Start of Data for this task

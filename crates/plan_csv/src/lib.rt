//! The solution file: a plan as the challenge's table of nodes.
#![tactic(auto)]

pub mod bad_plan;
mod checks;
mod fields;
mod growing;
pub mod laws;
mod nodes;
pub mod reading;
pub mod writing;

pub use bad_plan::BadPlan;
pub use reading::read_plan;
pub use writing::write_plan;
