//! The plan of a solution text.

ghost use Rattle.std.specs.Prelude.{◌≡◌, ◌<◌, ◌≤◌, ◌^◌, ◌==◌, ◌&&◌, ◌||◌, not, [], drop, length, IfOk, MatchResult};
ghost use Rattle.csv.specs.Records.{fields_of};
ghost use Rattle.csv_table.specs.Rows.{table_rows};
ghost use Rattle.cut_model.specs.Fits.{Fits};
ghost use Rattle.cut_model.specs.Parents.{rows_in};
ghost use Rattle.cut_model.specs.Tree.{count, tree};
ghost use Rattle.plan_csv.specs.PlanTexts.{Reads, cell_refusal, names_branch, plan_said, rows_behind, rows_said};
ghost use Rattle.plan_csv.specs.inner.ReadNodes.{AreNodes, HasRead, HaveTwo, Refused, rows_with};

use crate::bad_plan::BadPlan;
use crate::checks::{is_branch, refusal};
use crate::fields::row_of;
use crate::growing::plan_of;
use crate::nodes::Nodes;
use csv::ByteRecord;
use csv_table::Rows;
use cut_model::{Plan, Row};
use glass_base::Instance;
use std::alloc::Global;

/// Reads one row.
fn read_row(
    alloc: Global,
    instance: &Instance,
    nodes: &mut Nodes,
    row: u64,
    fields: &ByteRecord,
) -> Result<(), BadPlan>
    requires { AreNodes nodes.old }
    ensures { MatchResult result (λ _. HasRead
        (rows_with instance.now row nodes.old.rows.items (fields_of fields.now)) nodes.new)
        (λ e. Refused e (rows_with instance.now row nodes.old.rows.items (fields_of fields.now))) }
{
    let r = row_of(row, fields)?;
    match refusal(instance, row, nodes, &r) {
        Some(refused) => Err(refused),
        None => {
            nodes.push(alloc, &r)?;
            Ok(())
        }
    }
}

/// Reads all rows of a table. The first one is the header.
fn nodes_in(alloc: Global, instance: &Instance, rows: &mut Rows<'_>) -> Result<Nodes, BadPlan>
    requires few { length rows.old < 2 ^ 63 }
    ensures { MatchResult result (HasRead (rows_behind instance.now 2 [] (drop 1 rows.old)))
        (λ e. Refused e (rows_behind instance.now 2 [] (drop 1 rows.old))) }
{
    let mut nodes = Nodes::new(alloc);
    let mut row = 1u64;
    rows.next_row()?;
    'rows: while let Some(fields) = rows.next_row()? {
        row += 1;
        read_row(alloc, instance, &mut nodes, row, &fields)?;
    }
    Ok(nodes)
}

/// Reads all rows of a text.
fn read_rows(alloc: Global, instance: &Instance, bytes: &[u8]) -> Result<Nodes, BadPlan>
    ensures { MatchResult result (HasRead (rows_behind instance.now 2 []
        (drop 1 (table_rows bytes.now))))
        (λ e. Refused e (rows_behind instance.now 2 [] (drop 1 (table_rows bytes.now)))) }
{
    let mut rows = Rows::new(alloc, bytes);
    nodes_in(alloc, instance, &mut rows)
}

/// How many children a row has.
fn child_count(nodes: &Nodes, row: &Row) -> usize
    requires { AreNodes nodes.now }
    ensures { result ≡ length (rows_in row.now.node nodes.now.rows.items) }
{
    match nodes.named.get(&row.node) {
        Some(node) => node.children.len(),
        None => 0,
    }
}

/// Whether a row is no piece of a 3-cut that is cut, or has two children.
fn has_two(nodes: &Nodes, row: &Row) -> bool
    requires { AreNodes nodes.now }
    ensures { result ≡ (not ((row.now.cut == 3) && names_branch row.now.kind) ||
        (length (rows_in row.now.node nodes.now.rows.items) == 2)) }
{
    !(row.cut == 3 && is_branch(row.kind)) || child_count(nodes, row) == 2
}

/// Why a piece of a 3-cut that is cut is refused once all rows are read.
fn refused_cell(nodes: &Nodes) -> Option<BadPlan>
    requires { AreNodes nodes.now }
    ensures { result ≡ cell_refusal nodes.now.rows.items 2 nodes.now.rows.items }
{
    for (place, row) in nodes.rows.as_slice().iter().enumerate() {
        if !has_two(nodes, row) {
            return Some(BadPlan::Kind(place as u64 + 2));
        }
    }
    None
}

/// Reads the rows of a plan.
fn read_nodes(alloc: Global, instance: &Instance, bytes: &[u8]) -> Result<Nodes, BadPlan>
    ensures said { MatchResult result (HasRead (rows_said instance.now bytes.now))
        (λ e. Refused e (rows_said instance.now bytes.now)) }
    ensures cells { IfOk result (λ nodes. HaveTwo nodes.rows.items) }
{
    let nodes = read_rows(alloc, instance, bytes)?;
    match refused_cell(&nodes) {
        Some(refused) => Err(refused),
        None => Ok(nodes),
    }
}

/// The plan that a solution text says, or the first refusal.
pub fn read_plan(alloc: Global, instance: &Instance, bytes: &[u8]) -> Result<Plan, BadPlan>
    ensures plan { Reads result (plan_said instance.now bytes.now) }
    ensures fits { IfOk result (λ plan. Fits (tree plan)) }
    ensures few { IfOk result (λ plan. count (tree plan) ≤ 1000000000) }
    ensures fewer_than_bytes { IfOk result (λ plan. count (tree plan) ≤ length bytes.now) }
{
    let nodes = read_nodes(alloc, instance, bytes)?;
    Ok(plan_of(alloc, &nodes)?)
}
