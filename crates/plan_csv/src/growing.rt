//! The plan of rows that were read: a piece for each row, with the pieces that are cut from it.

ghost use Rattle.std.specs.Prelude.{◌≡◌, ◌+◌, true, All, IfOk, Some};
ghost use Rattle.cut_model.specs.Parents.{rows_in};
ghost use Rattle.cut_model.specs.Tree.{bands as bands_tree, cells as cells_tree, inner1, inner2, inner3, plates_of as plates_tree, sort1, sort2, sort3, sort4, strips as strips_tree, tree, sort_named, IsRowType};
ghost use Rattle.plan_csv.specs.PlanTexts.{grown, names_branch, tree_of};
ghost use Rattle.plan_csv.specs.inner.ReadNodes.{AreNodes, HaveTwo, IsGrown, IsLeaf, IsPiece, IsRoot, below, row_with};

use crate::nodes::Nodes;
use cut_model::{
    Body1, Body2, Body3, Body4, Leaf4, Piece1, Piece2, Piece3, Plan, Plate, Row, Sort,
};
use glass_base::{Memory, Run, append};
use std::alloc::Global;

/// The children of a row.
fn children_of<'a>(nodes: &'a Nodes, row: &Row) -> &'a [Row]
    requires nodes { AreNodes nodes.now }
    requires known { row_with row.now.node nodes.now.rows.items ≡ Some row.now }
    ensures are { result.now ≡ rows_in row.now.node nodes.now.rows.items }
    ensures pieces { All (IsPiece nodes.now.rows.items (row.now.cut + 1)) result.now }
{
    match nodes.named.get(&row.node) {
        Some(node) => node.children.as_slice(),
        None => &[],
    }
}

/// The leaf of a row.
fn leaf_of(row: &Row) -> Leaf4
    requires { IsLeaf row.now }
    ensures size { result.height ≡ row.now.height }
    ensures sort { sort4 result.body ≡ sort_named row.now.kind }
{
    let body = match row.sort() {
        Sort::Item(number) => Body4::Item(number),
        Sort::Waste => Body4::Waste,
        Sort::Branch => unreachable!(),
        Sort::Residual => unreachable!(),
    };
    Leaf4 {
        height: row.height,
        body,
    }
}

/// The two leaves of a row that is a cell and is cut.
fn two_leaves(nodes: &Nodes, row: &Row) -> Body3
    requires nodes { AreNodes nodes.now }
    requires cells { HaveTwo nodes.now.rows.items }
    requires piece { IsPiece nodes.now.rows.items 3 row.now }
    requires branch { names_branch row.now.kind ≡ true }
    ensures sort { sort3 result ≡ Sort.Branch }
    ensures inner { inner3 result ≡ below 1 nodes.now.rows.items row.now }
{
    let children = children_of(nodes, row);
    Body3::Two(leaf_of(&children[0]), leaf_of(&children[1]))
}

/// What becomes of a row that is a cell.
fn cell_body(nodes: &Nodes, row: &Row) -> Body3
    requires nodes { AreNodes nodes.now }
    requires cells { HaveTwo nodes.now.rows.items }
    requires piece { IsPiece nodes.now.rows.items 3 row.now }
    ensures sort { sort3 result ≡ sort_named row.now.kind }
    ensures inner { inner3 result ≡ below 1 nodes.now.rows.items row.now }
{
    match row.sort() {
        Sort::Item(number) => Body3::Item(number),
        Sort::Waste => Body3::Waste,
        Sort::Branch => two_leaves(nodes, row),
        Sort::Residual => unreachable!(),
    }
}

/// The cell of a row.
fn cell_of(nodes: &Nodes, row: &Row) -> Piece3
    requires nodes { AreNodes nodes.now }
    requires cells { HaveTwo nodes.now.rows.items }
    requires piece { IsPiece nodes.now.rows.items 3 row.now }
    ensures { IsGrown (below 1 nodes.now.rows.items) row.now result.width (sort3 result.body)
        (inner3 result.body) }
{
    Piece3 {
        width: row.width,
        body: cell_body(nodes, row),
    }
}

/// The cells of these rows.
fn cells_of(alloc: Global, nodes: &Nodes, rows: &[Row]) -> Result<Run<Piece3>, Memory>
    requires nodes { AreNodes nodes.now }
    requires cells { HaveTwo nodes.now.rows.items }
    requires pieces { All (IsPiece nodes.now.rows.items 3) rows.now }
    ensures { IfOk result (λ run. cells_tree run.items ≡ grown 1 nodes.now.rows.items rows.now) }
{
    let mut cells = Run::new(alloc);
    for row in rows {
        append(&mut cells, cell_of(nodes, row))?;
    }
    Ok(cells)
}

/// What becomes of a row that is a band.
fn band_body(alloc: Global, nodes: &Nodes, row: &Row) -> Result<Body2, Memory>
    requires nodes { AreNodes nodes.now }
    requires cells { HaveTwo nodes.now.rows.items }
    requires piece { IsPiece nodes.now.rows.items 2 row.now }
    ensures sort { IfOk result (λ body. sort2 body ≡ sort_named row.now.kind) }
    ensures inner { IfOk result (λ body. inner2 body ≡ below 2 nodes.now.rows.items row.now) }
{
    match row.sort() {
        Sort::Item(number) => Ok(Body2::Item(number)),
        Sort::Waste => Ok(Body2::Waste),
        Sort::Branch => Ok(Body2::Cut(cells_of(alloc, nodes, children_of(nodes, row))?)),
        Sort::Residual => unreachable!(),
    }
}

/// The band of a row.
fn band_of(alloc: Global, nodes: &Nodes, row: &Row) -> Result<Piece2, Memory>
    requires nodes { AreNodes nodes.now }
    requires cells { HaveTwo nodes.now.rows.items }
    requires piece { IsPiece nodes.now.rows.items 2 row.now }
    ensures { IfOk result (λ p. IsGrown (below 2 nodes.now.rows.items) row.now p.height
        (sort2 p.body) (inner2 p.body)) }
{
    let body = band_body(alloc, nodes, row)?;
    Ok(Piece2 {
        height: row.height,
        body,
    })
}

/// The bands of these rows.
fn bands_of(alloc: Global, nodes: &Nodes, rows: &[Row]) -> Result<Run<Piece2>, Memory>
    requires nodes { AreNodes nodes.now }
    requires cells { HaveTwo nodes.now.rows.items }
    requires pieces { All (IsPiece nodes.now.rows.items 2) rows.now }
    ensures { IfOk result (λ run. bands_tree run.items ≡ grown 2 nodes.now.rows.items rows.now) }
{
    let mut bands = Run::new(alloc);
    for row in rows {
        append(&mut bands, band_of(alloc, nodes, row)?)?;
    }
    Ok(bands)
}

/// What becomes of a row that is a strip.
fn strip_body(alloc: Global, nodes: &Nodes, row: &Row) -> Result<Body1, Memory>
    requires nodes { AreNodes nodes.now }
    requires cells { HaveTwo nodes.now.rows.items }
    requires piece { IsPiece nodes.now.rows.items 1 row.now }
    ensures sort { IfOk result (λ body. sort1 body ≡ sort_named row.now.kind) }
    ensures inner { IfOk result (λ body. inner1 body ≡ below 3 nodes.now.rows.items row.now) }
{
    match row.sort() {
        Sort::Item(number) => Ok(Body1::Item(number)),
        Sort::Waste => Ok(Body1::Waste),
        Sort::Residual => Ok(Body1::Residual),
        Sort::Branch => Ok(Body1::Cut(bands_of(alloc, nodes, children_of(nodes, row))?)),
    }
}

/// The strip of a row.
fn strip_of(alloc: Global, nodes: &Nodes, row: &Row) -> Result<Piece1, Memory>
    requires nodes { AreNodes nodes.now }
    requires cells { HaveTwo nodes.now.rows.items }
    requires piece { IsPiece nodes.now.rows.items 1 row.now }
    ensures { IfOk result (λ p. IsGrown (below 3 nodes.now.rows.items) row.now p.width
        (sort1 p.body) (inner1 p.body)) }
{
    let body = strip_body(alloc, nodes, row)?;
    Ok(Piece1 {
        width: row.width,
        body,
    })
}

/// The strips of these rows.
fn strips_of(alloc: Global, nodes: &Nodes, rows: &[Row]) -> Result<Run<Piece1>, Memory>
    requires nodes { AreNodes nodes.now }
    requires cells { HaveTwo nodes.now.rows.items }
    requires pieces { All (IsPiece nodes.now.rows.items 1) rows.now }
    ensures { IfOk result (λ run. strips_tree run.items ≡ grown 3 nodes.now.rows.items rows.now) }
{
    let mut strips = Run::new(alloc);
    for row in rows {
        append(&mut strips, strip_of(alloc, nodes, row)?)?;
    }
    Ok(strips)
}

/// The plate of a row.
fn plate_of(alloc: Global, nodes: &Nodes, row: &Row) -> Result<Plate, Memory>
    requires nodes { AreNodes nodes.now }
    requires cells { HaveTwo nodes.now.rows.items }
    requires root { IsRoot nodes.now.rows.items row.now }
    ensures { IfOk result (λ p. IsGrown (below 4 nodes.now.rows.items) row.now 0 Sort.Branch
        (strips_tree p.pieces.items)) }
{
    let pieces = strips_of(alloc, nodes, children_of(nodes, row))?;
    Ok(Plate { pieces })
}

/// The plates of these rows.
fn plates_of(alloc: Global, nodes: &Nodes, rows: &[Row]) -> Result<Run<Plate>, Memory>
    requires nodes { AreNodes nodes.now }
    requires cells { HaveTwo nodes.now.rows.items }
    requires roots { All (IsRoot nodes.now.rows.items) rows.now }
    ensures { IfOk result (λ run. plates_tree run.items ≡ grown 4 nodes.now.rows.items rows.now) }
{
    let mut plates = Run::new(alloc);
    for row in rows {
        append(&mut plates, plate_of(alloc, nodes, row)?)?;
    }
    Ok(plates)
}

/// The plan of all rows.
pub fn plan_of(alloc: Global, nodes: &Nodes) -> Result<Plan, Memory>
    requires nodes { AreNodes nodes.now }
    requires cells { HaveTwo nodes.now.rows.items }
    ensures { IfOk result (λ plan. tree plan ≡ tree_of nodes.now.rows.items) }
{
    let plates = plates_of(alloc, nodes, nodes.plates.as_slice())?;
    Ok(Plan { plates })
}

End of Data for this task

Work required =
Verbatim output is expected for the lines from the start of the data to the line in which "(fields_of fields.now)) nodes.new)" appears, both included.

Reply =
filename crates/plan_csv/src/lib.rt
//! The solution file: a plan as the challenge's table of nodes.
#![tactic(auto)]

pub mod bad_plan;
mod checks;
mod fields;
mod growing;
pub mod laws;
mod nodes;
pub mod reading;
pub mod writing;

pub use bad_plan::BadPlan;
pub use reading::read_plan;
pub use writing::write_plan;
//! The plan of a solution text.

ghost use Rattle.std.specs.Prelude.{◌≡◌, ◌<◌, ◌≤◌, ◌^◌, ◌==◌, ◌&&◌, ◌||◌, not, [], drop, length, IfOk, MatchResult};
ghost use Rattle.csv.specs.Records.{fields_of};
ghost use Rattle.csv_table.specs.Rows.{table_rows};
ghost use Rattle.cut_model.specs.Fits.{Fits};
ghost use Rattle.cut_model.specs.Parents.{rows_in};
ghost use Rattle.cut_model.specs.Tree.{count, tree};
ghost use Rattle.plan_csv.specs.PlanTexts.{Reads, cell_refusal, names_branch, plan_said, rows_behind, rows_said};
ghost use Rattle.plan_csv.specs.inner.ReadNodes.{AreNodes, HasRead, HaveTwo, Refused, rows_with};

use crate::bad_plan::BadPlan;
use crate::checks::{is_branch, refusal};
use crate::fields::row_of;
use crate::growing::plan_of;
use crate::nodes::Nodes;
use csv::ByteRecord;
use csv_table::Rows;
use cut_model::{Plan, Row};
use glass_base::Instance;
use std::alloc::Global;

/// Reads one row.
fn read_row(
    alloc: Global,
    instance: &Instance,
    nodes: &mut Nodes,
    row: u64,
    fields: &ByteRecord,
) -> Result<(), BadPlan>
    requires { AreNodes nodes.old }
    ensures { MatchResult result (λ _. HasRead
        (rows_with instance.now row nodes.old.rows.items (fields_of fields.now)) nodes.new)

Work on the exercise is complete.